* _ABOUT THIS EXERCISE_: Lines with the word "instances" are the ones wanted. Copy each of them from the entries below.

BEGIN EXTRACTED INFORMATION

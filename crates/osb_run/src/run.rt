//! What the lines of a schedule do, one after another (this project's choice).
ghost use Rattle.std.specs.Prelude.{◌≡◌, ◌≢◌, ◌↔◌, ◌+◌, ◌<◌, ◌≤◌, ℕ, List, [], ◌∷◌, ◌++◌, None, Ok, IfErr, IfOk, IfSome};
ghost use Rattle.std.specs.Prelude.{count_by, is_some, IsSome, OnErr, OnOk};
ghost use Rattle.std.specs.FinMap as map;
ghost use Rattle.osb_message.specs.Plans.{Catalogue as Plans};
ghost use Rattle.osb_lines.specs.Schedule.{event_in, fault_after, has_begun, plan_fault, with_plan};
ghost use Rattle.osb_lines.specs.Sink.{IsLineFault};
ghost use Rattle.osb_run.specs.Restart.{IsChangeCount, IsChanged};
ghost use Rattle.osb_run.specs.Run.{happened, IsEndOf, IsRunOf, IsWorldAfter, HasRun};
ghost use Rattle.osb_world.specs.Events.{applies_at, cell_after};
ghost use Rattle.osb_world.specs.Views.{cell_at, step_of};
ghost use Rattle.osb_event.specs.declared.event.Event.{Event as Happening};
ghost use Rattle.osb_language.specs.declared.replay_fault.ScheduleFault.TheVariants as Why;

use osb_event::Event;
use osb_language::{Line, ScheduleFault, read_line};
use osb_lines::{MOST_LINES, Sink, add_plan};
use osb_message::{Catalogue, InstanceId, Memory, Mode, PlanId, ServiceId};
use osb_world::{Cell, Step, World};
use std::alloc::Global;
use std::mem;

/// The run of the lines of a schedule so far (this project's choice): the catalogue of its plan lines, from the
/// first event on a world with it, and how many events applied and didn't.
#[derive(Drop)]
pub struct Run {
    alloc: Global,
    pub(crate) catalogue: Catalogue,
    pub(crate) world: Option<World>,
    pub(crate) applied: u32,
    pub(crate) skipped: u32,
}

/// What all lines of a schedule have left (this project's choice).
#[derive(Drop)]
pub struct Ended {
    /// The world after all events.
    pub world: World,
    /// How many events applied.
    pub applied: u32,
    /// How many didn't.
    pub skipped: u32,
}

// The cell of an id that was never recorded.
const EMPTY_CELL: Cell = Cell {
    platform: None,
    broker: None,
    out: None,
    travelling: None,
};

// How many of these instances have a request out.
fn count_out(world: &World, ids: &[InstanceId]) -> usize
    ensures count { result ≡ count_by (λ id. is_some (cell_at world.now id).out) ids.now }
{
    let mut count = 0;
    for id in ids {
        if world.cell(*id).out.is_some() {
            count += 1;
        }
    }
    count
}

impl Run {
    /// The run of no lines. It takes no memory.
    pub fn new(alloc: Global) -> Run
        ensures none { HasRun [] result }
        ensures counted { happened result ≡ 0 }
    {
        Run {
            alloc,
            catalogue: Catalogue::new(alloc),
            world: None,
            applied: 0,
            skipped: 0,
        }
    }

    // Whether an event has happened.
    fn any_happened(&self) -> bool
        ensures begun { (cat : Plans) (events : List Happening) → IsRunOf cat events self.now
            → result ≡ has_begun events }
    {
        self.applied > 0 || self.skipped > 0
    }

    fn add_plan(
        &mut self,
        number: u32,
        service: ServiceId,
        plan: PlanId,
        mode: Mode,
    ) -> Result<(), ScheduleFault>
        ensures good { (cat : Plans) (events : List Happening) → IsRunOf cat events self.old
            → OnOk result ((plan_fault (has_begun events) cat service plan ≡ None)
            × IsRunOf (map.insert cat (service, plan) mode) events self.new) }
        ensures refused { (cat : Plans) (events : List Happening) → IsRunOf cat events self.old
            → IfErr result (IsLineFault number (plan_fault (has_begun events) cat service plan)) }
        ensures err { (cat : Plans) (events : List Happening) → IsRunOf cat events self.old
            → OnErr result (IsRunOf cat events self.new) }
        ensures counted { happened self.new ≡ happened self.old }
    {
        let is_late = self.any_happened();
        if self.world.is_some() && !is_late {
            // The world has the catalogue already.
            return Err(ScheduleFault::Memory);
        }
        add_plan(&mut self.catalogue, is_late, number, service, plan, mode)
    }

    // Makes the world of the catalogue, where there is none yet.
    fn begin(&mut self)
        ensures begun { IsSome self.new.world }
        ensures world { (cat : Plans) (events : List Happening) → IsRunOf cat events self.old
            → IfSome self.new.world (IsWorldAfter cat events) }
        ensures applied { self.new.applied ≡ self.old.applied }
        ensures skipped { self.new.skipped ≡ self.old.skipped }
    {
        if self.world.is_none() {
            let catalogue = mem::replace(&mut self.catalogue, Catalogue::new(self.alloc));
            self.world = Some(World::new(self.alloc, catalogue));
        }
    }

    /// Lets an event happen, of a run that has let fewer than 100,000 happen, and says whether it applied. It
    /// takes memory.
    ///
    /// # Errors
    ///
    /// [`ScheduleFault::Memory`] if an allocation failed. The event hasn't happened then and isn't counted: the run is
    /// still that of the events before it, and takes the event again.
    pub fn take_event(&mut self, event: Event) -> Result<Step, ScheduleFault>
        requires room { happened self.old < MOST_LINES }
        ensures good { (cat : Plans) (events : List Happening) → IsRunOf cat events self.old
            → OnOk result (IsRunOf cat (events ++ event ∷ []) self.new) }
        ensures step { (cat : Plans) (events : List Happening) → IsRunOf cat events self.old
            → IfOk result (λ step. step ≡ step_of (applies_at (λ id. cell_after cat id events) event)) }
        ensures memory { IfErr result (λ fault. fault ≡ Why.Memory) }
        ensures err { (cat : Plans) (events : List Happening) → IsRunOf cat events self.old
            → OnErr result (IsRunOf cat events self.new) }
        ensures counted { OnOk result (happened self.new ≡ happened self.old + 1) }
        ensures uncounted { OnErr result (happened self.new ≡ happened self.old) }
    {
        self.begin();
        let Some(world) = &mut self.world else {
            unreachable!()
        };
        match world.step(self.alloc, event) {
            Ok(Step::Applied) => {
                self.applied += 1;
                Ok(Step::Applied)
            }
            Ok(Step::Skipped) => {
                self.skipped += 1;
                Ok(Step::Skipped)
            }
            Err(Memory) => Err(ScheduleFault::Memory),
        }
    }

    /// Takes what the line of this number says, from 1, of a run that has let fewer than 100,000 events happen. It
    /// may take memory.
    ///
    /// # Errors
    ///
    /// [`ScheduleFault::At`] with the fault of what the line says, after those that were taken before.
    /// [`ScheduleFault::Memory`] if an allocation failed; and for a plan, if an allocation failed for the first event,
    /// since the catalogue is in use by then. After any of these the run is still that of the lines before, with the
    /// same catalogue and the same events.
    pub fn take_said(&mut self, number: u32, said: Line) -> Result<(), ScheduleFault>
        requires room { happened self.old < MOST_LINES }
        ensures good { (cat : Plans) (events : List Happening) → IsRunOf cat events self.old
            → OnOk result ((fault_after cat events (Ok said) ≡ None)
            × IsRunOf (with_plan cat (Ok said)) (events ++ event_in (Ok said)) self.new) }
        ensures refused { (cat : Plans) (events : List Happening) → IsRunOf cat events self.old
            → IfErr result (IsLineFault number (fault_after cat events (Ok said))) }
        ensures err { (cat : Plans) (events : List Happening) → IsRunOf cat events self.old
            → OnErr result (IsRunOf cat events self.new) }
        ensures counted { OnOk result (happened self.new ≤ happened self.old + 1) }
        ensures uncounted { OnErr result (happened self.new ≡ happened self.old) }
    {
        match said {
            Line::Nothing => Ok(()),
            Line::Plan {
                service,
                plan,
                mode,
            } => self.add_plan(number, service, plan, mode),
            Line::Event(event) => match self.take_event(event) {
                Ok(_) => Ok(()),
                Err(fault) => Err(fault),
            },
        }
    }

    /// All that there is of an instance after the lines so far. It takes no memory.
    pub fn cell(&self, id: InstanceId) -> Cell
        ensures cell { (cat : Plans) (events : List Happening) → IsRunOf cat events self.now
            → result ≡ cell_after cat id events }
    {
        match &self.world {
            Some(world) => world.cell(id),
            None => EMPTY_CELL,
        }
    }

    /// How many instances a restart would change after the lines so far: those that have a request out.
    ///
    /// # Errors
    ///
    /// [`Memory`] where an allocation failed.
    pub fn outs(&self, alloc: Global) -> Result<usize, Memory>
        ensures outs { (cat : Plans) (events : List Happening) → IsRunOf cat events self.now
            → IfOk result (IsChangeCount cat events) }
        // Whatever happened before, a restart changes the instance exactly where a request is out.
        ensures changed { (cat : Plans) (events : List Happening) (id : ℕ) → IsSome (cell_after cat id events).out
            ↔ IsChanged cat events id }
    {
        let Some(world) = &self.world else {
            return Ok(0);
        };
        let ids = world.ids(alloc)?;
        Ok(count_out(world, ids.as_slice()))
    }

    /// What the lines have left, once there are no more. It takes no memory.
    pub fn end(mut self) -> Ended
        ensures ended { (lines : List (List ℕ)) → HasRun lines self → IsEndOf lines result }
    {
        self.begin();
        let Run {
            world,
            applied,
            skipped,
            ..
        } = self;
        let Some(world) = world else { unreachable!() };
        Ended {
            world,
            applied,
            skipped,
        }
    }
}

impl Sink for Run {
    ghost use Rattle.osb_run.specs.Run.{happened, HasRun};

    ghost has_taken = { HasRun };

    ghost happened = { happened };

    fn take_line(&mut self, number: u32, line: &[u8]) -> Result<(), ScheduleFault> {
        match read_line(line) {
            Ok(said) => self.take_said(number, said),
            Err(fault) => Err(ScheduleFault::At {
                line: number,
                fault,
            }),
        }
    }
}
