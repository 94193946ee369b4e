//! Laws over the definitions alone.
ghost use Rattle.std.specs.Prelude.{◌≡◌, ◌≢◌, ℕ, List, Ok, Err};
ghost use Rattle.rel_base.specs.Relations.{RelationState};
ghost use Rattle.rel_base.specs.declared.relations.Column.{Column};
ghost use Rattle.relation_csv.specs.declared.faults.RelFault.TheVariants as fault;
ghost use Rattle.relation_csv.specs.Files.{relation_of_bytes, relation_with};
ghost use Rattle.relation_csv.specs.RoundTrip.{FitsFile, file_text};

/// Law: each relation that fits a file is read back from the file that is written of it.
pub fn written_relation_is_read_back()
    ensures { (relation : RelationState) → FitsFile relation
        → relation_of_bytes (file_text relation) ≡ Ok relation }
{}

/// Law: what a file comes to is never want of memory.
pub fn no_definition_gives_memory()
    ensures with_header { (bytes : List ℕ) → relation_of_bytes bytes ≢ Err fault.Memory }
    ensures without_header { (bytes : List ℕ) (schema : List Column) (skip : ℕ)
        → relation_with bytes schema skip ≢ Err fault.Memory }
{}
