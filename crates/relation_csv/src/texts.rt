//! Texts: writes the records of a header and of a row.
//!
//! The text is the one that the `csv` crate's writer gives, and it is put together here: that
//! writer holds bytes back in a buffer of its own, and promises nothing of what was written before
//! an error.
ghost use Rattle.std.specs.Prelude.{◌≡◌, ℕ, List, [], ◌++◌, ◌==◌, if◌then◌else◌, codes, length, map, string_bytes, IfOk, OnOk, OnErr};
ghost use Rattle.std.specs.Fmt.{signed_decimal};
ghost use Rattle.csv.specs.Writing.{default_writer, field_text, needs_quotes, row_body, row_text};
ghost use Rattle.relation_csv.specs.RecordTexts.{Extends, header_field, header_record, row_record, type_name, value_field};

use itoa::Buffer;
use rel_base::{ColType, Column, Memory, Schema, Value};
use std::alloc::Global;

/// Appends the record of a header, ended by a line feed. After `Memory` the bytes are as they were.
pub fn header_text(schema: &Schema, into: &mut Vec<u8>) -> Result<(), Memory>
    ensures ok { OnOk result (into.new.items ≡ into.old.items ++ header_record schema.now) }
    ensures err { OnErr result (into.new.items ≡ into.old.items) }
{
    append_record(schema.as_slice(), into)
}

/// Appends the record of a row, ended by a line feed. After `Memory` the bytes are as they were.
pub fn row_text(row: &[Value], into: &mut Vec<u8>) -> Result<(), Memory>
    ensures ok { OnOk result (into.new.items ≡ into.old.items ++ row_record row.now) }
    ensures err { OnErr result (into.new.items ≡ into.old.items) }
{
    append_record(row, into)
}

/// What is written as one field of a record.
trait Field {
    /// The bytes of the field, before any quotes.
    ghost bytes: { Self → List ℕ };

    /// Appends the field, or after `Memory` a part of it.
    fn push(&self, into: &mut Vec<u8>) -> Result<(), Memory>
        ensures ok { OnOk result
            (into.new.items ≡ into.old.items ++ field_text default_writer (bytes self.now)) }
        ensures err { OnErr result (Extends into.old.items into.new.items) };
}

/// A column is written as a field of the header: its name and the name of its type.
impl Field for Column {
    ghost bytes = { header_field };

    fn push(&self, into: &mut Vec<u8>) -> Result<(), Memory> {
        let field = field_of(*into.allocator(), self)?;
        push_field(field.as_bytes(), into)
    }
}

/// A value is written as a field of a row.
impl Field for Value {
    ghost bytes = { value_field };

    fn push(&self, into: &mut Vec<u8>) -> Result<(), Memory> {
        match self {
            Value::Int(number) => push_int(*number, into),
            Value::Str(text) => push_field(text.as_str().as_bytes(), into),
            Value::Bool(true) => push_field(b"true", into),
            Value::Bool(false) => push_field(b"false", into),
        }
    }
}

/// Appends the record of these fields. After `Memory` the bytes are as they were.
fn append_record<F: Field>(fields: &[F], into: &mut Vec<u8>) -> Result<(), Memory>
    ensures ok { OnOk result
        (into.new.items ≡ into.old.items ++ row_text default_writer (map F.bytes fields.now)) }
    ensures err { OnErr result (into.new.items ≡ into.old.items) }
{
    let before = into.len();
    match push_record(fields, into) {
        Ok(()) => Ok(()),
        Err(Memory) => {
            into.truncate(before);
            Err(Memory)
        }
    }
}

/// Appends the record of these fields, or after `Memory` a part of it.
fn push_record<F: Field>(fields: &[F], into: &mut Vec<u8>) -> Result<(), Memory>
    ensures ok { OnOk result
        (into.new.items ≡ into.old.items ++ row_text default_writer (map F.bytes fields.now)) }
    ensures err { OnErr result (Extends into.old.items into.new.items) }
{
    let before = into.len();
    push_fields(fields, into)?;
    end_record(before, into)
}

/// Appends these fields with commas between them, or after `Memory` a part of them.
fn push_fields<F: Field>(fields: &[F], into: &mut Vec<u8>) -> Result<(), Memory>
    ensures ok { OnOk result
        (into.new.items ≡ into.old.items ++ row_body default_writer (map F.bytes fields.now)) }
    ensures err { OnErr result (Extends into.old.items into.new.items) }
{
    let [first, rest @ ..] = fields else {
        return Ok(());
    };
    first.push(into)?;
    for field in rest {
        into.push(b',')?;
        field.push(into)?;
    }
    Ok(())
}

/// Ends the record that began at `before`; one that shows nothing gets two quotes.
fn end_record(before: usize, into: &mut Vec<u8>) -> Result<(), Memory>
    ensures ok { OnOk result (into.new.items
        ≡ into.old.items
        ++ ((if length into.old.items == before then codes "\"\"" else []) ++ codes "\n")) }
    ensures err { OnErr result (Extends into.old.items into.new.items) }
{
    if into.len() == before {
        into.extend_from_slice(b"\"\"")?;
    }
    into.push(b'\n')?;
    Ok(())
}

/// A column's field of a header.
fn field_of(alloc: Global, column: &Column) -> Result<String, Memory>
    ensures { IfOk result (λ field. string_bytes field ≡ header_field column.now) }
{
    let mut field = String::from_str(alloc, column.name.as_str())?;
    field.push_str(":")?;
    field.push_str(name_of(column.kind))?;
    Ok(field)
}

/// The name of a type.
fn name_of(kind: ColType) -> &'static str
    ensures { result.now ≡ type_name kind }
{
    match kind {
        ColType::Int => "int",
        ColType::Str => "string",
        ColType::Bool => "boolean",
    }
}

/// Appends a number as a field. No byte of it calls for quotes.
fn push_int(number: i64, into: &mut Vec<u8>) -> Result<(), Memory>
    ensures ok { OnOk result
        (into.new.items ≡ into.old.items ++ field_text default_writer (signed_decimal number)) }
    ensures err { OnErr result (Extends into.old.items into.new.items) }
{
    let mut buffer = Buffer::new();
    into.extend_from_slice(buffer.format(number).as_bytes())?;
    Ok(())
}

/// Appends a field, in quotes where it needs them.
fn push_field(field: &[u8], into: &mut Vec<u8>) -> Result<(), Memory>
    ensures ok { OnOk result (into.new.items ≡ into.old.items ++ field_text default_writer field.now) }
    ensures err { OnErr result (Extends into.old.items into.new.items) }
{
    if !needs_quotes(field) {
        into.extend_from_slice(field)?;
        return Ok(());
    }
    into.push(b'"')?;
    for byte in field {
        if *byte == b'"' {
            into.push(b'"')?;
        }
        into.push(*byte)?;
    }
    into.push(b'"')?;
    Ok(())
}

/// Whether a field has a byte that means something in a file.
fn needs_quotes(field: &[u8]) -> bool
    ensures { result ≡ needs_quotes default_writer field.now }
{
    field
        .iter()
        .any(|byte| matches!(*byte, b',' | b'"' | b'\r' | b'\n'))
}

END EXTRACTED INFORMATION

* _EXERCISE ANSWER_:
// How many of these instances have a request out.
    /// How many instances a restart would change after the lines so far: those that have a request out.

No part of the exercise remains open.